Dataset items
/// Whether `byte`, followed by `rest`, starts a printable character.
fn is_printed(byte: u8, rest: &[u8]) -> bool
    ensures { result ≡ is_printed byte rest.now }
{
    if byte != 0xC2 {
        return byte >= 0x20;
    }
    match rest {
        [next, ..] => !(0x80..=0x9F).contains(next),
        [] => true,
    }
}

/// Whether `byte`, followed by `next`, starts a printable character.
#[inline(always)]
fn is_printed_before(byte: u8, next: u8) -> bool
    ensures { result ≡ is_printed byte (next ∷ []) }
{
    (byte >= 0x20) & ((byte != 0xC2) | !(0x80..=0x9F).contains(&next))
}

/// Whether every byte of the first block starts or continues a printable character.
#[inline(always)]
fn begins_printed(bytes: &[u8]) -> bool
    requires { 16 < length bytes.now }
    ensures { IsTrue result → 16 + printed_len (drop 16 bytes.now) ≡ printed_len bytes.now }
{
    let mut are_printed = true;
    for i in 0..BLOCK_LEN {
        are_printed &= is_printed_before(bytes[i], bytes[i + 1]);
    }
    are_printed
}

/// How many bytes lie in whole blocks that are printed.
fn block_len(bytes: &[u8]) -> usize
    ensures within { result ≤ length bytes.now }
    ensures printed { result + printed_len (drop result bytes.now) ≡ printed_len bytes.now }
{
    let mut len = 0;
    while bytes.len() - len > BLOCK_LEN {
        if !begins_printed(&bytes[len..]) {
            return len;
        }
        len += BLOCK_LEN;
    }
    len
}

/// How many bytes come before the next control that is executed.
fn printed_len(bytes: &[u8]) -> usize
    ensures { result ≡ printed_len bytes.now }
{
    let mut len = block_len(bytes);
    while len < bytes.len() {
        if !is_printed(bytes[len], &bytes[len + 1..]) {
            return len;
        }
        len += 1;
    }
    len
}

/// Whether the two bytes begin a character of two bytes or more.
#[inline(always)]
fn is_begun(first: u8, second: u8) -> bool
    ensures begun { IsTrue result → 1 < char_len first }
    ensures goes_on { IsTrue result → goes_on first [] second ≡ true }
    ensures not_begun { result ≡ false → 1 < char_len first → goes_on first [] second ≡ false }
{
    ((0xC2..=0xF4).contains(&first) & is_tail(second)) && goes_on(&[first], second)
}

/// How long the character is that the first two bytes begin, 0 where it isn't whole.
#[inline(always)]
fn begun_len(bytes: &[u8]) -> usize
    requires { BeginsLong bytes.now }
    ensures within { result ≤ length bytes.now }
    ensures long { 0 < result → 1 < result }
    ensures whole { 0 < result → IsWhole (take result bytes.now) }
{
    match bytes {
        [first, ..] if *first < 0xE0 => 2,
        [first, _, third, ..] if *first < 0xF0 && is_tail(*third) => 3,
        [first, _, third, fourth, ..] if *first >= 0xF0 && is_tail(*third) && is_tail(*fourth) => {
            4
        }
        _ => 0,
    }
}

/// Whether the bytes begin with a whole character of two bytes or more.
#[inline(always)]
fn begins_long(bytes: &[u8]) -> bool {
    match bytes {
        [first, second, ..] if is_begun(*first, *second) => begun_len(bytes) > 0,
        _ => false,
    }
}

/// Whether the bytes begin with a whole character. Where they don't it's quicker to read them one by one.
#[inline(always)]
fn begins_whole(bytes: &[u8]) -> bool
    requires { 0 < length bytes.now }
{
    bytes[0] < 0x80 || begins_long(bytes)
}

/// How many bytes come before the next control that is executed, where a character may begin; else 0.
#[inline(always)]
fn text_len(bytes: &[u8]) -> usize
    requires { 0 < length bytes.now }
    ensures within { result ≤ length bytes.now }
    ensures printed { printed_len (take result bytes.now) ≡ length (take result bytes.now) }
{
    if !begins_whole(bytes) {
        return 0;
    }
    printed_len(bytes)
}

/// The control from U+0080 to U+009F at the start, which has two bytes.
#[inline(always)]
fn c1(bytes: &[u8]) -> Option<u8>
    ensures { IfSome result (λ b. IsTrue (is_in_range 0x80 0x9F b) × (take 2 bytes.now ≡ 0xC2 ∷ b ∷ [])) }
{
    match bytes {
        [0xC2, second, ..] if (0x80..=0x9F).contains(second) => Some(*second),
        _ => None,
    }
}

/// Whether the byte is a character of ASCII that is printed, DEL among them.
#[inline(always)]
fn is_printed_ascii(byte: u8) -> bool
    ensures { result ≡ is_printed_ascii byte }
{
    (0x20..=0x7F).contains(&byte)
}

/// Whether text of ASCII before these bytes ends with them: at a control, or at a byte that begins no character.
#[inline(always)]
fn ends_text(bytes: &[u8]) -> bool {
    match bytes {
        [] => true,
        [next, ..] => !is_printed_ascii(*next) && (*next < 0xC2 || !begins_long(bytes)),
    }
}

/// The characters of ASCII that the bytes are.
#[inline(always)]
fn ascii_text(bytes: &[u8]) -> &str
    requires { All IsPrintable bytes.now }
    ensures { result.now ≡ bytes.now }
{
    unsafe { str::from_utf8_unchecked(bytes) }
}

/// Prints the byte if it's printable ASCII. Returns how many characters it printed.
#[inline(always)]
fn print_alone<P: Perform>(performer: &mut P, byte: u8) -> usize
    ensures few { result ≤ 1 }
    ensures printable { All IsPrintable (take result (byte ∷ [])) }
    ensures reported { Performs P.step performer.old (map Print (take result (byte ∷ []))) performer.new }
{
    if !is_printable_byte(byte) {
        return 0;
    }
    performer.print(byte as char);
    1
}

/// Whether each of the bytes is a control of ASCII, other than ESC.
#[inline(always)]
fn are_controls(bytes: &[u8]) -> bool
    ensures { IsTrue result → each is_c0 bytes.now ≡ true }
{
    let mut are_controls = true;
    for byte in bytes {
        are_controls &= (*byte < 0x20) & (*byte != 0x1B);
    }
    are_controls
}

/// How many bytes lie in whole blocks of controls of ASCII.
#[inline(always)]
fn control_block_len(bytes: &[u8]) -> usize
    ensures within { result ≤ length bytes.now }
    ensures controls { each is_c0 (take result bytes.now) ≡ true }
{
    let mut len = 0;
    while bytes.len() - len >= BLOCK_LEN && are_controls(&bytes[len..len + BLOCK_LEN]) {
        len += BLOCK_LEN;
    }
    len
}

/// Executes the controls of ASCII at the start, up to ESC, and returns how many they are.
#[inline(always)]
fn execute_controls<P: Perform>(performer: &mut P, bytes: &[u8]) -> usize
    ensures { TellsEach P.step is_c0 Execute performer.old bytes.now result performer.new }
{
    let mut read = control_block_len(bytes);
    performer.execute_all(&bytes[..read]);
    while read < bytes.len() && bytes[read] < 0x20 && bytes[read] != 0x1B {
        performer.execute(bytes[read]);
        read += 1;
    }
    read
}

/// The longest text at the start of the bytes.
fn text_prefix(bytes: &[u8]) -> &str
    ensures text { IsUtf8 result.now }
    ensures prefix { result.now ≡ take (length result.now) bytes.now }
    ensures within { length result.now ≤ length bytes.now }
{
    match from_utf8(bytes) {
        Ok(text) => text,
        Err(error) => unsafe { str::from_utf8_unchecked(&bytes[..error.valid_up_to()]) },
    }
}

**EXERCISE INSTRUCTIONS**
Search the entries for the word "many", then list each line that holds it.

**RESULT FOR THIS EXERCISE**
/// How many bytes lie in whole blocks that are printed.
/// How many bytes come before the next control that is executed.
/// How many bytes come before the next control that is executed, where a character may begin; else 0.
/// Prints the byte if it's printable ASCII. Returns how many characters it printed.
/// How many bytes lie in whole blocks of controls of ASCII.
/// Executes the controls of ASCII at the start, up to ESC, and returns how many they are.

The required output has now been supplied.